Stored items
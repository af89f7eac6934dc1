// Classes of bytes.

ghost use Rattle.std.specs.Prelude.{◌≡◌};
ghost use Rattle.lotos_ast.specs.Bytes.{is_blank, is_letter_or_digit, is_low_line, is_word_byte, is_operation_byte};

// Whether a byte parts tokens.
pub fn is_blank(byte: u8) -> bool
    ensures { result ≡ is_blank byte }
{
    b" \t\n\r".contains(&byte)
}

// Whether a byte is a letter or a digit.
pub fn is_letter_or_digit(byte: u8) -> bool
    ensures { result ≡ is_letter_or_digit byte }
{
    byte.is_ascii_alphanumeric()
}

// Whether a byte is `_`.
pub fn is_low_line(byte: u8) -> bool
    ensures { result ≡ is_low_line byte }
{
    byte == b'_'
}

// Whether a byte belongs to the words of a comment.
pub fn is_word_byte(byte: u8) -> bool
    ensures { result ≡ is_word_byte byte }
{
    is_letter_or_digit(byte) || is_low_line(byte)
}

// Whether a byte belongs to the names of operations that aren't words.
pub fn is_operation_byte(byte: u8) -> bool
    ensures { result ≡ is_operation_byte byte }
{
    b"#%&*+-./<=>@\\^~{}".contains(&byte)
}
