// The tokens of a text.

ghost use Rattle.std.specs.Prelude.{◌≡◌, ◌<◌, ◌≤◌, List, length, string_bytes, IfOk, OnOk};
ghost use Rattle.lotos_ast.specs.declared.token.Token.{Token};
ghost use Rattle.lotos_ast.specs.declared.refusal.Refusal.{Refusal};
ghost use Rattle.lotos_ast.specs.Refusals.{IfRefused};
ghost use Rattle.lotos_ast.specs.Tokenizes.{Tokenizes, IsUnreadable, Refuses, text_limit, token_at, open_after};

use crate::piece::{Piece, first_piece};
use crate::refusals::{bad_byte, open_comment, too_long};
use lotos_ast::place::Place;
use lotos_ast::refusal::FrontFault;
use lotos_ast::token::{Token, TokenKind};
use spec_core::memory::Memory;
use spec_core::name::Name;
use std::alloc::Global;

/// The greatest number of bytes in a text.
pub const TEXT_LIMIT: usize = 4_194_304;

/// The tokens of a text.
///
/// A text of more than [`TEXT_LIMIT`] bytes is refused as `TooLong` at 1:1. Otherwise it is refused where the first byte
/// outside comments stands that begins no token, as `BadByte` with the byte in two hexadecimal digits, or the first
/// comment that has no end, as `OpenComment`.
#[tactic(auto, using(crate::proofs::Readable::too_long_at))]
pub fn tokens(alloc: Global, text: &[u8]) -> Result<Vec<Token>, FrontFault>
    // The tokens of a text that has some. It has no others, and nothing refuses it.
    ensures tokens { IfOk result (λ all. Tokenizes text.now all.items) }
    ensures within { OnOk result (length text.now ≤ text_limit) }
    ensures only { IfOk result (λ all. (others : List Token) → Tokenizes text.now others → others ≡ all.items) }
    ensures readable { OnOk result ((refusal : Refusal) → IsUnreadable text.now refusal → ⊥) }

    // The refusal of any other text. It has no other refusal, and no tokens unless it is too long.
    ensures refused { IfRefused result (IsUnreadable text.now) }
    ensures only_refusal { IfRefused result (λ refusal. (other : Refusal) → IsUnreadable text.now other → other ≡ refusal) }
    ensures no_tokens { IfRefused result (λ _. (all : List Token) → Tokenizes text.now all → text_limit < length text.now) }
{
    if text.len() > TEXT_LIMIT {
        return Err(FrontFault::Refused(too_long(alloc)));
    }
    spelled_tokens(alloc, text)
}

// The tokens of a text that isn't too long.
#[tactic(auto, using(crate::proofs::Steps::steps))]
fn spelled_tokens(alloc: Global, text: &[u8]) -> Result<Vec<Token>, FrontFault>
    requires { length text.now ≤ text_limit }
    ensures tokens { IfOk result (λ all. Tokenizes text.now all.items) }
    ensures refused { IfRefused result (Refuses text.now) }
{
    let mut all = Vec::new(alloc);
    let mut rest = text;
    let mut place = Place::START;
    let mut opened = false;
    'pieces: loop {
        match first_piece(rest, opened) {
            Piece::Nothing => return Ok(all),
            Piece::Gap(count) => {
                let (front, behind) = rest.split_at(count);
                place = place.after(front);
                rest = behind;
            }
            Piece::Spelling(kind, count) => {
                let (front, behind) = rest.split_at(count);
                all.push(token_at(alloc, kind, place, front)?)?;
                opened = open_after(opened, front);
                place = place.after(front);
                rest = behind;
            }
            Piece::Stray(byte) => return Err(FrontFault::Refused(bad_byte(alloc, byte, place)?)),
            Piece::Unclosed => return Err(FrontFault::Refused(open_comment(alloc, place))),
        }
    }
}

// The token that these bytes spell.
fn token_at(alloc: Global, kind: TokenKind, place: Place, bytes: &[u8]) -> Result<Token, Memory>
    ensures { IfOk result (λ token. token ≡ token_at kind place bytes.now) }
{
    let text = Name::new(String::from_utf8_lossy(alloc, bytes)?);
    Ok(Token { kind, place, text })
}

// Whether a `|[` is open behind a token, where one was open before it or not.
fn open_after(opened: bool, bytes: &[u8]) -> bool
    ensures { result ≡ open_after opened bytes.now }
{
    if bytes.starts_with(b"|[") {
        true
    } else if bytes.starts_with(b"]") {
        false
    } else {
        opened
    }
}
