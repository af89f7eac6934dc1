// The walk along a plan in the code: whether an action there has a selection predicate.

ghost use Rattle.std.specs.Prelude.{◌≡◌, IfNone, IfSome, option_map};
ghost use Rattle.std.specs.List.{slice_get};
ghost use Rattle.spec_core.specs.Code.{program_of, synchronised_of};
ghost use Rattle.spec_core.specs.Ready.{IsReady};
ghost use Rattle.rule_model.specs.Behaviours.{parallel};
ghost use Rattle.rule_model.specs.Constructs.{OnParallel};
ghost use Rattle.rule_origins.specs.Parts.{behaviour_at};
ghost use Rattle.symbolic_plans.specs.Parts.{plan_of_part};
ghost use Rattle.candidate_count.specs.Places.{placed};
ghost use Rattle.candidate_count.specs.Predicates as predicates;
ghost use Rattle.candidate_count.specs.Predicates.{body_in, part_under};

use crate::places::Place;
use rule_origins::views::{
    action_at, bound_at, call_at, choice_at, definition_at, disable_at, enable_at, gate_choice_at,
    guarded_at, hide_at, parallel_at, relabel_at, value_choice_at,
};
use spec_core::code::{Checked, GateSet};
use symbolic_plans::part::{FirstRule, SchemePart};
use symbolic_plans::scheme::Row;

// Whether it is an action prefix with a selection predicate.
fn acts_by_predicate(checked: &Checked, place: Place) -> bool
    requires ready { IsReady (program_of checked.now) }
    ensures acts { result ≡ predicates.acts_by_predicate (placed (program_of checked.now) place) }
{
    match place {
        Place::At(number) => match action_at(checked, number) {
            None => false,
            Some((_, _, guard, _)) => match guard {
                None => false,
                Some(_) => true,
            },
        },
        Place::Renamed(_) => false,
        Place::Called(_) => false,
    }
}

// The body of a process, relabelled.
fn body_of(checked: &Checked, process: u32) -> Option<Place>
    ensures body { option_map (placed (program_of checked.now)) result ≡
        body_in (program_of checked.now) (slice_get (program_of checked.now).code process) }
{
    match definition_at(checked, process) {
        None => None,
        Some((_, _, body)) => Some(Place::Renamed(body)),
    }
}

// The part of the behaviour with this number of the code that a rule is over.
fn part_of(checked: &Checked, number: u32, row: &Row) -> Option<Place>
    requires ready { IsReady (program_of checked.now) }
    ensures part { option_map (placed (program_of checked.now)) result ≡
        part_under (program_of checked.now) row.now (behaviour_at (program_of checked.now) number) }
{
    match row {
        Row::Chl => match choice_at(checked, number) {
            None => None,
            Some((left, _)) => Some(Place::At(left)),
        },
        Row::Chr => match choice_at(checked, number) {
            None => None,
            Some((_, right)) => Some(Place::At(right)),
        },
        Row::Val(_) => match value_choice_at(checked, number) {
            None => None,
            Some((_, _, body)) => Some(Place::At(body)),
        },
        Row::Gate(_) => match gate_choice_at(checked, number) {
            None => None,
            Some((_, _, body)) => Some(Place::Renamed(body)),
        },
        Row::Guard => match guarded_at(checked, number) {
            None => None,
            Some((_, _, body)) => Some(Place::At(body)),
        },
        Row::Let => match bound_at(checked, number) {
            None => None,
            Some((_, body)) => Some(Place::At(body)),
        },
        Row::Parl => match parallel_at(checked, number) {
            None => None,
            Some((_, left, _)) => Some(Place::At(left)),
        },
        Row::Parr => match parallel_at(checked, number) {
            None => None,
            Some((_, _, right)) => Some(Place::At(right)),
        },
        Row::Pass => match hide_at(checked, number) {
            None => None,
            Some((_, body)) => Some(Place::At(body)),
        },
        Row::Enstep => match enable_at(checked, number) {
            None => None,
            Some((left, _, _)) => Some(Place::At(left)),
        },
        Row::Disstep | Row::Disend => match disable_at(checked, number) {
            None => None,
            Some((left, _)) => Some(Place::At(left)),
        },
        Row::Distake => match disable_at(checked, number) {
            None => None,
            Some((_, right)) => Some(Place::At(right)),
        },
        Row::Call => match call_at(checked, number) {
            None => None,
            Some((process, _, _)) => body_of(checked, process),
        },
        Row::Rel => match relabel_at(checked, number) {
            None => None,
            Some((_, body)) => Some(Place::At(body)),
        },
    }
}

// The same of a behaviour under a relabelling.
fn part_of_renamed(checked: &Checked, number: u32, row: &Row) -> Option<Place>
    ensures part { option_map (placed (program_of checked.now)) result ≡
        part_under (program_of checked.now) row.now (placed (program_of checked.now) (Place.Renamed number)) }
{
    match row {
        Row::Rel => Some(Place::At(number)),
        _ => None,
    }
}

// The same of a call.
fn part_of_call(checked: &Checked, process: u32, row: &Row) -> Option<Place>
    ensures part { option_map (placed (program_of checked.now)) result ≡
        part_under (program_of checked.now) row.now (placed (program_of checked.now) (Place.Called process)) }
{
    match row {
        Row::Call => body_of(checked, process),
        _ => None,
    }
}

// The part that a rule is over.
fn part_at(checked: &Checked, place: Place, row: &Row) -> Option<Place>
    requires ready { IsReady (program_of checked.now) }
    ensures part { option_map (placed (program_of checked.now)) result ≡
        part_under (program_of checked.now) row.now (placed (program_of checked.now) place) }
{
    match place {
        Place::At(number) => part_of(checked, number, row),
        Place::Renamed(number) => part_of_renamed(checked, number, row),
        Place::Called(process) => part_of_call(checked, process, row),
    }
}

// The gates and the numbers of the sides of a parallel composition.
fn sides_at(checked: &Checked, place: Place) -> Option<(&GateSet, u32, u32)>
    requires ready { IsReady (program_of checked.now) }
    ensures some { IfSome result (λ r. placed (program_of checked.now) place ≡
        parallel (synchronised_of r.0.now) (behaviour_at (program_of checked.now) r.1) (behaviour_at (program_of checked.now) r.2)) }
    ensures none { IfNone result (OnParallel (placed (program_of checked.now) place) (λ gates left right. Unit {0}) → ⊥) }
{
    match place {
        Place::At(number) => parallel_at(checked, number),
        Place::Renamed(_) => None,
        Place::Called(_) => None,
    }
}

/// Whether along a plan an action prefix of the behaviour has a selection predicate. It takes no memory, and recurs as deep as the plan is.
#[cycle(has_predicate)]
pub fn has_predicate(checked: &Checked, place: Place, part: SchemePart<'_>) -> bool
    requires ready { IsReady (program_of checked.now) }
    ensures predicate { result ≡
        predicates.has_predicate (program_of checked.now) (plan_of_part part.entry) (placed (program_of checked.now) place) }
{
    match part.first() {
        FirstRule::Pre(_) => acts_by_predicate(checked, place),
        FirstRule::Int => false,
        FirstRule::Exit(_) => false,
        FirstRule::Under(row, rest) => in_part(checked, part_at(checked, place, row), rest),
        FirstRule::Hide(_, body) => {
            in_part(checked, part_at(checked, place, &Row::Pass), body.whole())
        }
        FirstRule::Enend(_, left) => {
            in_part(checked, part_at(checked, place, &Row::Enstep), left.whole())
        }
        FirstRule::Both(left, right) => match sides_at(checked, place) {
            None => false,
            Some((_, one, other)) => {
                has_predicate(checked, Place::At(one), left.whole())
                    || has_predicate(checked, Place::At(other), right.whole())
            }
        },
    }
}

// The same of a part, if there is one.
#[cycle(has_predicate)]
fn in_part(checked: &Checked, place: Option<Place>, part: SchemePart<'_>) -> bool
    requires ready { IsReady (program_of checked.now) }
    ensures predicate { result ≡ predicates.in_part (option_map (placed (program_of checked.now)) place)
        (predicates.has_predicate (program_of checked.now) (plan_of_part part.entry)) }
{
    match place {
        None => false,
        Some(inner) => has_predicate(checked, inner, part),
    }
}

## REQUIREMENT
Whenever the word "using" shows up in a line of the entries, copy that line.

## COMPLETED TASK
#[tactic(auto, using(crate::proofs::Readable::too_long_at))]
#[tactic(auto, using(crate::proofs::Steps::steps))]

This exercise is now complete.